Ofer comments on Plausibly, almost every powerful algorithm would be manipulative

Ofer 6 Feb 2020 19:01 UTC
LW: 1 AF: 1
AF

instead, if there are hyperparameters that prevent the error rate going below 0.1, these will be selected by gradient descent as giving a better performance.

I don’t follow this point.
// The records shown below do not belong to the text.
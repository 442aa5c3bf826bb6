//! Words, white space and comments of an image.

ghost use Rattle.std.specs.Prelude.{◌≡◌, ◌≤◌, false, length, drop};
ghost use Rattle.std.specs.List.{prefix_len};
ghost use Rattle.lg_memory.specs.Image.{is_white};
ghost use Rattle.lg_memory.specs.Scan.{after_gap, is_word_byte};

// The text from its first word on.
pub fn skip_gap(text: &[u8]) -> &[u8]
    ensures { result.now ≡ after_gap false text.now }
{
    &text[gap_len(text)..]
}

// How long the white space and the comments are before the first word.
fn gap_len(text: &[u8]) -> usize
    ensures within { result ≤ length text.now }
    ensures rest { drop result text.now ≡ after_gap false text.now }
{
    let mut inside = false;
    for (place, byte) in text.iter().enumerate() {
        if *byte == b'\n' {
            inside = false;
        } else if inside || *byte == b'#' {
            inside = true;
        } else if !is_white(*byte) {
            return place;
        }
    }
    text.len()
}

// How long the word is with which a text begins.
pub fn word_len(text: &[u8]) -> usize
    ensures within { result ≤ length text.now }
    ensures word { result ≡ prefix_len is_word_byte text.now }
{
    for (place, byte) in text.iter().enumerate() {
        if is_white(*byte) || *byte == b'#' {
            return place;
        }
    }
    text.len()
}

fn is_white(byte: u8) -> bool
    ensures { result ≡ is_white byte }
{
    matches!(byte, b' ' | b'\t' | b'\r' | b'\n')
}
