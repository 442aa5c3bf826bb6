//! What a ROM and a RAM read and store.

ghost use Rattle.std.specs.Prelude.{◌≡◌, ◌^◌, ◌<◌, ◌≤◌, length, All};
ghost use Rattle.std.specs.Option.{ForSome};
ghost use Rattle.lg_value.specs.Word.{IsWidth};
ghost use Rattle.lg_memory.specs.Inputs.{word_at, defined_number};
ghost use Rattle.lg_memory.specs.Storage.{ram_words, ram_read, rom_read};

use crate::inputs::{bit_at, defined_number};
use lg_value::{Bit, Word};
use sqlite_items::Items;

// A triggered RAM stores its data in place.
pub fn store(words: &mut Items<Word>, inputs: &[Word])
    requires ports { 3 ≤ length inputs.now }
    requires address { length words.old ≡ 2 ^ length (word_at inputs.now 0) }
    requires we { 1 ≤ length (word_at inputs.now 2) }
    ensures { words.new ≡ ram_words words.old inputs.now }
{
    if bit_at(inputs, 2) == Bit::One
        && let Some(address) = defined_number(&inputs[0])
    {
        words.set(address as usize, inputs[1]);
    }
}

// The word that a RAM reads.
pub fn ram_read(width: u32, words: &[Word], address: Option<u64>) -> Word
    requires width { IsWidth width }
    requires words { All (λ word. length word ≡ width) words.now }
    requires inside { ForSome address (λ a. a < length words.now) }
    ensures word { result ≡ ram_read width words.now address }
    ensures width { length result ≡ width }
{
    match address {
        Some(place) => words[place as usize],
        None => Word::fill(width, Bit::Error),
    }
}

// The word that a ROM reads.
pub fn rom_read(width: u32, words: &[u64], address: Option<u64>) -> Word
    requires { IsWidth width }
    ensures word { result ≡ rom_read width words.now address }
    ensures width { length result ≡ width }
{
    match address {
        Some(place) => {
            let number = words.get(place as usize).copied().unwrap_or(0);
            Word::from_number(width, number)
        }
        None => Word::fill(width, Bit::Error),
    }
}
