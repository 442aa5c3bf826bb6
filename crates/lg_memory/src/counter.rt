//! What a triggered counter holds, and its carry.

ghost use Rattle.std.specs.Prelude.{◌≡◌, ◌+◌, ◌^◌, ◌<◌, [], ◌∷◌, length, map};
ghost use Rattle.lg_value.specs.Word.{IsWidth, word_of_number};
ghost use Rattle.lg_memory.specs.Counter.{past_greatest, below_zero, counted, counter_word, carry};

use crate::form::Goal;
use crate::inputs::{bit_at, defined_number};
use lg_value::{Bit, Word};

// The word that a triggered counter holds, from the one before and its inputs.
pub fn counter_word(goal: Goal, width: u32, max: u64, held: &Word, inputs: &[Word]) -> Word
    requires width { IsWidth width }
    requires held { length held.now ≡ width }
    requires inputs { map length inputs.now ≡ width ∷ 1 ∷ 1 ∷ 1 ∷ 1 ∷ 1 ∷ [] }
    ensures word { result ≡ counter_word goal width max held.now inputs.now }
    ensures width { length result ≡ width }
{
    match (bit_at(inputs, 1), bit_at(inputs, 3)) {
        (Bit::One, _) => inputs[0],
        (_, Bit::Zero) => *held,
        _ => counted(
            goal,
            width,
            max,
            &inputs[0],
            bit_at(inputs, 2),
            defined_number(held),
        ),
    }
}

fn counted(goal: Goal, width: u32, max: u64, d: &Word, ud: Bit, number: Option<u64>) -> Word
    requires width { IsWidth width }
    requires d { length d.now ≡ width }
    ensures word { result ≡ counted goal width max d.now ud number }
    ensures width { length result ≡ width }
{
    match (ud, number) {
        (_, None) => Word::fill(width, Bit::Error),
        (Bit::Zero, Some(0)) => below_zero(goal, width, max, d),
        (Bit::Zero, Some(n)) => Word::from_number(width, n - 1),
        (_, Some(n)) if n == max => past_greatest(goal, width, max, d),
        (_, Some(n)) => next_word(width, n),
    }
}

fn past_greatest(goal: Goal, width: u32, max: u64, d: &Word) -> Word
    requires width { IsWidth width }
    requires d { length d.now ≡ width }
    ensures word { result ≡ past_greatest goal width max d.now }
    ensures width { length result ≡ width }
{
    match goal {
        Goal::Wrap => Word::from_number(width, 0),
        Goal::Stay => Word::from_number(width, max),
        Goal::Continue => next_word(width, max),
        Goal::Load => *d,
    }
}

fn below_zero(goal: Goal, width: u32, max: u64, d: &Word) -> Word
    requires width { IsWidth width }
    requires d { length d.now ≡ width }
    ensures word { result ≡ below_zero goal width max d.now }
    ensures width { length result ≡ width }
{
    match goal {
        Goal::Wrap => Word::from_number(width, max),
        Goal::Stay => Word::from_number(width, 0),
        Goal::Continue => Word::fill(width, Bit::One),
        Goal::Load => *d,
    }
}

// The word of the number after `n`, modulo 2 to the width.
fn next_word(width: u32, n: u64) -> Word
    requires { IsWidth width }
    ensures word { result ≡ word_of_number width (n + 1) }
    ensures width { length result ≡ width }
{
    Word::from_number(width, n.wrapping_add(1))
}

// Whether a counter stands at the end to which it counts.
pub fn carry(max: u64, ud: Bit, number: Option<u64>) -> Bit
    ensures { result ≡ carry max ud number }
{
    let end = if ud == Bit::Zero { 0 } else { max };
    match number {
        Some(n) if n == end => Bit::One,
        _ => Bit::Zero,
    }
}
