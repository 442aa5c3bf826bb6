//! Why a state is not made, and why an image is not read.

ghost use Rattle.std.specs.Prelude.{◌≡◌};
ghost use Rattle.lg_memory.specs.declared.fault.ImageFault.TheVariants.{Memory as NoMemory};

use std::alloc::AllocError;

/// There was no memory.
#[derive(Clone, Copy, Debug, PartialEq, Eq)]
pub struct Memory;

impl From<AllocError> for Memory {
    fn from(_e: AllocError) -> Memory {
        Memory
    }
}

/// Why `read_image` gives no words.
#[derive(Clone, Copy, Debug, PartialEq, Eq)]
pub enum ImageFault {
    /// The bytes are no memory image.
    NotImage,
    /// They are one, with too many words.
    ImageTooLong,
    /// There was no memory.
    Memory,
}

impl From<AllocError> for ImageFault {
    ghost from_gives = { λ _ e. e ≡ NoMemory };

    fn from(_e: AllocError) -> ImageFault {
        ImageFault::Memory
    }
}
If we’re talking about using SGD to update (hyper)parameters, using a batch of images from the currently used datasets, then the gradient update would be determined by the gradient of the loss with respect to that batch of images.
- Stuart_Armstrong 7 Feb 2020 10:46 UTC
  LW: 2 AF: 1
  AF Parent
  To keep it simple, assume the hyperparameters are updated by evolutionary algorithm or some similar search-then-continue-or-stop process.
  - Ofer 7 Feb 2020 12:41 UTC
    LW: 1 AF: 1
    AF Parent
    I want to flag that—in the case of evolutionary algorithms—we should not assume here that the fitness function is defined with respect to just the current batch of images, but rather with respect to, say, all past images so far (since the beginning of the entire training process); otherwise the selection pressure is “myopic” (i.e. models that outperform others on the current batch of images have higher fitness).
    
    (I might be over-pedantic about this topic due to previously being very confused about it.)